Probably, transcatheter aortic valve implantation (TAVI) has been the most important advance. In terms of the biggest disappointment, I think it has been the bioresorbable vascular scaffold (Absorb, Abbott Vascular). I believe it really had the potential change the way we did things but, in its current state, it is not ready for prime time. We need to go back to the drawing board to make them more compatible for a wider range of patients than they are currently.

I do not think using the “PSP” (which involves predilatation, appropriate vessel sizing, and high-pressure dilatation) technique will make much of an impact in terms of improving long-term outcomes with devices. Rather than technique, the issue is more a bioresorbable scaffold is a very difficult technology to develop. When you implant a lump of plastic in someone, which essentially what Absorb is, there are many potential variables to consider. For example, the rate that it will degrade as this will depend on the patient’s metabolism.

That said, the concept itself is good and further iterations of the design may improve things. However, current generation of drug-eluting stents are very good and are very cost-effective. Therefore, they represent a major barrier to new technology becoming the gold standard. I do think there are some very interesting technologies out there, such as the Arterius biodegradable stent, which uses a radically different manufacturing process to overcome some of the limitations.

You have been involved with the development of iFR. How does it work and how does it compare with fractional flow reserve (FFR)

Essentially, it uses software algorithms—taking data obtained via a conventional pressure wire—to assess the severity of stenosis to determine whether or not patient requires a stent. The main difference between iFR and FFR is that you do not give a drug such as adenosine.

The recent DEFINE-FLAIR [of which, Davies was the lead investigator] and iFR-SWEDEHEART studies showed that iFR was non-inferior to FFR in terms of the major adverse cardiac events (MACE). They also both showed that procedure-related adverse events were significantly worse with FFR than with iFR. Furthermore, iFR was found to be much comfortable for the patient and also cheaper to perform.
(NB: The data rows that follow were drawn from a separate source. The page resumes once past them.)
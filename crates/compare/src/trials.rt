// One code: a drawn frame, its block, and that block with several kinds of damage.
use crate::damage::{Damage, wear};
use octets::copy_front;
use pages::Words;
use std::io;

// The block damaged, and decoded.
fn damaged(rt: &impl Print, words: Words, damage: Damage, s: u32, block: &[u8]) -> io::Result<()> {
    let mut received = [0u8; 2040];
    let mut delivered = [170u8; 2040];
    let lent = &mut received[..words.block_length()];
    copy_front(block, lent);
    wear(lent, words, damage);
    pages::decode(
        rt,
        words.code,
        s,
        lent,
        &mut delivered[..words.frame_length()],
    )
}

// Up to E wrong symbols in a word, at the full allowance and at a smaller one; then E + 1 in the last word, or in some.
pub(crate) fn all(rt: &impl Print, words: Words) -> io::Result<()> {
    let code = words.code;
    let e = code.strength;
    let mut information = [0u8; 2040];
    let mut sent = [170u8; 2040];
    pages::fill(e + code.depth + code.fill, &mut information);
    let frame = &information[..words.frame_length()];
    let block = &mut sent[..words.block_length()];
    pages::encode(rt, code, frame, block)?;
    for (damage, s) in [
        (Damage::None, 0),
        (Damage::Mixed, e),
        (Damage::Mixed, 6),
        (Damage::Full, e),
        (Damage::Full, e - 1),
        (Damage::LastPast, e),
        (Damage::SomePast, e),
    ] {
        damaged(rt, words, damage, s, block)?;
    }
    Ok(())
}
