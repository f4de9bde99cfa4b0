// Long codewords at both strengths, all depths and several fills, encoded, damaged and decoded. The expected output is not made by
// this code: docs/src/README.md says where it comes from.
#![tactic(auto)]

ghost use Rattle.std.specs.Prelude.{◌≤◌};

mod damage;
mod trials;

use pages::Words;
use refusals::Code;
use std::io;

// No fill, one symbol, the middle, and all information symbols but one. `vectors` goes over the same fills, to calls of its own.
fn fills(rt: &impl Print, strength: u32, depth: u32) -> io::Result<()>
    requires { (1 ≤ strength) × (strength ≤ 16) × (depth ≤ 8) }
{
    let information = 255 - 2 * strength;
    for fill in [0, 1, information / 2, information - 1] {
        let code = Code {
            strength,
            depth,
            fill,
        };
        trials::all(rt, Words { code })?;
    }
    Ok(())
}

fn main(rt: HostRuntime) -> io::Result<()> {
    for strength in [8u32, 16] {
        for depth in [1u32, 2, 3, 4, 5, 8] {
            fills(&rt, strength, depth)?;
        }
    }
    Ok(())
}
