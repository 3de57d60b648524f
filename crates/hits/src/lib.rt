// Hits written into the two lent buffers.
//
// `writing` writes what fits: all hits of a column at once, or one.

#![tactic(auto)]

pub mod writing;

pub use writing::{keep, put_hits};
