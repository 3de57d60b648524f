// What is written into the two lent buffers: from a place on the numbers of columns in one, and the shifts in the other. Nothing
// is written where not everything fits.

ghost use Rattle.std.specs.Prelude.{◌≡◌, ◌+◌, ◌≤◌, leb, length};
ghost use Rattle.std.specs.Int.Count.{ones};
ghost use Rattle.theory.specs.Marks.{marks};
ghost use Rattle.masks.specs.Masks.{value, low_code};
ghost use Rattle.hits.specs.Writing.{word_codes, start_codes, fitting, Puts};

use masks::Word;
use score::{Column, HIGHEST_PITCH, Pitch};
use ways::{HIGHEST_CODE, Way, shift_of};

// A buffer of this length has room for so many hits from a place on.
fn has_room(length: usize, from: usize, hits: usize) -> bool
    ensures { result ≡ leb (from + hits) length }
{
    from <= length && hits <= length - from
}

// Writes the codes that a half of a word marks, from a place on, and gives the place behind them.
fn put_marked(
    columns: &mut [u16],
    shifts: &mut [i16],
    from: usize,
    half: u64,
    first: u16,
    column: Column,
    way: Way,
) -> usize
    requires { (from + ones half ≤ length columns.old) × (from + ones half ≤ length shifts.old) × (first ≤ 191) }
    ensures { Puts way column.0 (marks 64 first half) from columns.old shifts.old result columns.new shifts.new }
{
    let mut left = half;
    let mut at = from;
    // a bit a turn, the lowest first
    while left != 0 {
        let i = left.trailing_zeros();
        columns[at] = column.0;
        shifts[at] = shift_of(way, first + i as u16);
        left -= 1 << i;
        at += 1;
    }
    at
}

// The code that the lowest bit of a word stands for.
fn low_code(way: Way, first: Pitch) -> u16
    requires { first.0 ≤ 127 }
    ensures { result ≡ low_code way first }
{
    match way {
        Way::Exact => u16::from(HIGHEST_PITCH - first.0),
        Way::Octave => 0,
    }
}

// Writes the hits of a column that a word marks, from a place on, and gives the place behind them. Nothing is written, and the
// place is given back, where a buffer has no room for all of them or the first note is no pitch.
pub fn put_hits(
    columns: &mut [u16],
    shifts: &mut [i16],
    from: usize,
    word: Word,
    first: Pitch,
    column: Column,
    way: Way,
) -> usize
    ensures { Puts way column.0 (fitting (word_codes way first (value word.low word.high)) from columns.old shifts.old) from columns.old shifts.old result columns.new shifts.new }
{
    let Word { low, high } = word;
    // most columns have none
    if (low | high) == 0 {
        return from;
    }
    if HIGHEST_PITCH < first.0 {
        return from;
    }
    let hits = (low.count_ones() + high.count_ones()) as usize;
    // both buffers need room for all of them
    if !has_room(columns.len().min(shifts.len()), from, hits) {
        return from;
    }
    let code = low_code(way, first);
    let middle = put_marked(columns, shifts, from, low, code, column, way);
    put_marked(columns, shifts, middle, high, code + 64, column, way)
}

// Writes one hit at its place and gives the next place. What is no hit, a code above 255 and a hit for which a buffer has no room
// are not written, and the place is given back.
pub fn keep(
    columns: &mut [u16],
    shifts: &mut [i16],
    at: usize,
    hit: bool,
    column: Column,
    way: Way,
    code: u16,
) -> usize
    ensures { Puts way column.0 (fitting (start_codes hit code) at columns.old shifts.old) at columns.old shifts.old result columns.new shifts.new }
{
    if !hit || HIGHEST_CODE < code || columns.len() <= at || shifts.len() <= at {
        return at;
    }
    columns[at] = column.0;
    shifts[at] = shift_of(way, code);
    at + 1
}
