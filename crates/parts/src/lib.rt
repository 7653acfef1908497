// Parts of byte slices: filled, and tested for zeros.
#![tactic(auto)]

ghost use Rattle.std.specs.Prelude.{◌≡◌, ◌≤◌, length};
ghost use Rattle.definitions.specs.General.{filled, all_zero};

// Fills the part with the bytes of s, and with zeros after them.
pub fn fill(part: &mut [u8], s: &[u8])
    requires { length s.now ≤ length part.old }
    ensures { part.new ≡ filled (length part.old) s.now }
{
    let n = s.len();
    slices::copy(s, &mut part[..n]);
    part[n..].fill(0);
}

// Whether every byte is zero: gathered over the whole slice and tested once.
pub fn all_zero(s: &[u8]) -> bool
    ensures { result ≡ all_zero s.now }
{
    let mut any: u8 = 0;
    for x in s {
        any |= *x;
    }
    any == 0
}
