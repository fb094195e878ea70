//! Workers, who run a script's commands on one map, at the same time.
ghost use Rattle.std.specs.Prelude.{◌≡◌, ◌<◌, ◌∷◌, ◌++◌, [], length, All, IfOk, vec_capacity};
ghost use Rattle.std.specs.Thread.{IsSync};
ghost use Rattle.nb_map.specs.Maps.{IsMine};
ghost use Rattle.std.specs.List.{AllZip};
ghost use Rattle.nb_runner.specs.Working.{
  AreNumbered,
  HasMetAll,
  HasMetAs,
  HasRoomForAnswers,
  HasRunPhase,
  HasWorkedFor,
  HaveRunAll,
  IsAnswered,
  IsReadyFor,
  IsRun,
  phases_in,
  worker_seats,
};

use crate::answers::Answer;
use crate::gates::Gate;
use nb_core::OutOfMemory;
use nb_map::{Map, Seat};
use nb_script::reader::Phase;
use nb_script::script::Command;
use std::snapshot::Snapshot;
use std::sync::Wait;
use std::thread;
use std::thread::{Promise, Threads};

/// A worker: its number, its seat of the map, and what its commands were answered so far.
#[derive(Drop)]
pub(crate) struct Worker {
    pub(crate) number: usize,
    pub(crate) seat: Seat,
    pub(crate) answers: Vec<Answer>,
}

impl Worker {
    /// Whether a command of the phase is the worker's.
    fn is_busy(&self, phase: &[(usize, Command)]) -> bool {
        phase.iter().any(|task| task.0 == self.number)
    }

    /// Runs the worker's commands of a phase.
    fn run<R: Wait, G: Gate>(
        self,
        rt: &R,
        gate: &G,
        map: &Map,
        phase: &[(usize, Command)],
    ) -> Worker
        requires ready { IsReadyFor map.now phase.now self }
        ensures own { IsMine map.now result.seat }
        ensures ran { HasRunPhase map.now phase.now self result }
    {
        let Worker {
            number,
            mut seat,
            mut answers,
        } = self;
        let mut done = 0;
        for (worker, command) in phase {
            if *worker == number {
                gate.before(number, done);
                let answer = answer_to(rt, map, &mut seat, command);
                gate.after(number, done);
                answers.push_reserved(answer);
                done += 1;
            }
        }
        Worker {
            number,
            seat,
            answers,
        }
    }
}

/// A thread runs this worker's commands of a phase.
#[derive(Drop)]
struct Runs<'a> {
    map: &'a Map,
    phase: &'a [(usize, Command)],
    worker: Snapshot<Worker>,
}

impl<'a> Promise<Worker> for Runs<'a> {
    ghost kept_by = { λ p worker. IsRun p.map.now p.phase.now p.worker.value worker };
}

/// Runs the commands of a phase, those of all workers at the same time: a thread of its own runs
/// those of the last worker, while this one goes on with the others in the same way. Of the workers
/// so many have commands in the phase; no thread is started for one that has none, nor for the last
/// one that has some.
fn run_together<R: Threads + Wait + Sync, G: Gate + Sync>(
    rt: &R,
    gate: &G,
    map: &Map,
    phase: &[(usize, Command)],
    busy: usize,
    workers: Vec<Worker>,
) -> Result<Vec<Worker>, OutOfMemory>
    requires ready { All (IsReadyFor map.now phase.now) workers.items }
    ensures room { IfOk result (λ ran. vec_capacity ran ≡ vec_capacity workers) }
    ensures ran { IfOk result (λ ran. AllZip (IsRun map.now phase.now) workers.items ran.items) }
{
    let mut workers = workers;
    let Some(last) = workers.pop() else {
        return Ok(workers);
    };
    if busy < 2 || !last.is_busy(phase) {
        let ran = last.run(rt, gate, map, phase);
        let mut workers = run_together(rt, gate, map, phase, busy, workers)?;
        workers.push_reserved(ran);
        return Ok(workers);
    }
    let busy = busy - 1;
    thread::scope(
        thread::scope_env(),
        rt,
        move |scope| -> Result<Vec<Worker>, OutOfMemory>
            requires rt { IsSync R.row }
            requires gate { IsSync G.row }
            requires last { IsReadyFor map.now phase.now last }
            requires others { All (IsReadyFor map.now phase.now) workers.items }
            requires room { length workers.items < vec_capacity workers }
            ensures room { IfOk result (λ ran. vec_capacity ran ≡ vec_capacity workers) }
            ensures ran { IfOk result (λ ran. AllZip (IsRun map.entry.now phase.entry.now)
                (workers.items ++ last ∷ []) ran.items) }
        {
            let runs = Runs {
                map,
                phase,
                worker: Snapshot::of(&last),
            };
            let spawned = scope.spawn_with(
                runs,
                move || -> Worker
                    requires ready { IsReadyFor map.now phase.now last }
                    ensures { IsRun map.entry.now phase.entry.now last result }
                { last.run(rt, gate, map, phase) },
            );
            let child = spawned.map_err(|_| OutOfMemory)?;
            let others = run_together(rt, gate, map, phase, busy, workers);
            // The thread ends before anything else, and what it gives back isn't lost where the
            // others ran out of memory.
            let ran = child.join(rt);
            let mut workers = others?;
            workers.push_reserved(ran);
            Ok(workers)
        },
    )
}

/// Runs the commands of a phase.
fn run_phase<R: Threads + Wait + Sync, G: Gate + Sync>(
    rt: &R,
    gate: &G,
    map: &Map,
    phase: &[(usize, Command)],
    workers: Vec<Worker>,
) -> Result<Vec<Worker>, OutOfMemory>
    requires ready { All (IsReadyFor map.now phase.now) workers.items }
    ensures ran { IfOk result (λ ran. AllZip (IsRun map.now phase.now) workers.items ran.items) }
{
    let busy = workers
        .iter()
        .filter(|worker| worker.is_busy(phase))
        .count();
    run_together(rt, gate, map, phase, busy, workers)
}

/// Lets a seat and each of these workers meet.
fn meet_each(map: &Map, seat: &mut Seat, others: &mut [Worker])
    requires own { IsMine map.now seat.old }
    requires others { All (λ worker. IsMine map.now worker.seat) others.old }
    ensures own { IsMine map.now seat.new }
    ensures met { HasMetAll map.now (worker_seats others.old) seat.old seat.new }
    ensures others { AllZip (HasMetAs map.now (seat.old ∷ [])) others.old others.new }
{
    for other in others.iter_mut() {
        map.meet(seat, &mut other.seat);
    }
}

/// Lets every two of the workers meet.
fn meet_all(map: &Map, workers: Vec<Worker>) -> Vec<Worker>
    requires own { All (λ worker. IsMine map.now worker.seat) workers.items }
    ensures room { vec_capacity result ≡ vec_capacity workers }
    ensures met { AllZip (HasMetAs map.now (worker_seats workers.items))
        workers.items result.items }
{
    let mut workers = workers;
    let Some(mut last) = workers.pop() else {
        return workers;
    };
    meet_each(map, &mut last.seat, workers.as_mut_slice());
    let mut workers = meet_all(map, workers);
    workers.push_reserved(last);
    workers
}

/// Runs the phases, one after another. All workers meet after each.
pub(crate) fn run_phases<R: Threads + Wait + Sync, G: Gate + Sync>(
    rt: &R,
    gate: &G,
    map: &Map,
    phases: &[Phase],
    workers: Vec<Worker>,
) -> Result<Vec<Worker>, OutOfMemory>
    requires own { All (λ worker. IsMine map.now worker.seat) workers.items }
    requires numbered { AreNumbered 0 workers.items }
    requires room { All (HasRoomForAnswers (phases_in phases.now)) workers.items }
    ensures ran { IfOk result (λ ran. HaveRunAll map.now (phases_in phases.now)
        workers.items ran.items) }
{
    let mut workers = workers;
    for phase in phases {
        let apart = run_phase(rt, gate, map, phase.as_slice(), workers)?;
        workers = meet_all(map, apart);
    }
    Ok(workers)
}

/// Makes the command's call.
fn answer_to<R: Wait>(rt: &R, map: &Map, seat: &mut Seat, command: &Command) -> Answer
    requires own { IsMine map.now seat.old }
    ensures own { IsMine map.now seat.new }
    ensures answered { IsAnswered map.now command.now result seat.old seat.new }
    ensures worked { HasWorkedFor map.now command.now seat.old seat.new }
{
    match *command {
        Command::Get(key) => Answer::before(map.get(seat, key)),
        Command::Put(key, number) => Answer::put(map.put(rt, seat, key, number)),
        Command::PutIfAbsent(key, number) => {
            Answer::put(map.put_if_absent(rt, seat, key, number))
        }
        Command::Replace(key, number) => Answer::before(map.replace(rt, seat, key, number)),
        Command::ReplaceIf(key, old, new) => {
            Answer::Matched(map.replace_if(rt, seat, key, old, new))
        }
        Command::Remove(key) => Answer::before(map.remove(rt, seat, key)),
        Command::RemoveIf(key, number) => { Answer::Matched(map.remove_if(rt, seat, key, number)) }
        Command::Add(key, number) => Answer::added(map.add(rt, seat, key, number)),
    }
}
Overall, with these studies, we have increased the physiology data four fold. The first FFR study—DEFER—only had 90 patients in the physiology arm. Furthermore, the event rate in DEFER was double that of the rates in DEFINE-FLAIR/iFR-SWEDEHEART. So, things really have moved on in the care we give to patients overall.

You were also involved in the recent SPYRAL-HTN OFF MED study. Do you think the results from this study signal a rebirth of renal denervation?

This study clearly showed that this a significant drop in blood pressure with renal denervation—which is definitely a substantial spark to fuel the flames of renal denervation development. Also, in the control arm of that study, blood pressure only dropped by ~1mmHg. In SYMPLICITY-HTN, blood pressure dropped by ~15mmHg. This was a remarkable finding because the blood pressure in the sham arm was bigger than that of the treatment arm of SPYRAL-HTN OFF MED study. Clearly this shows a major problem with HTN-3 which we now recognise as issues with patient compliance of drug therapies. I think the trial design of SPYRAL-HTN OFF MED was better than that of SYMPLICITY-HTN as the variability and bias have largely been removed.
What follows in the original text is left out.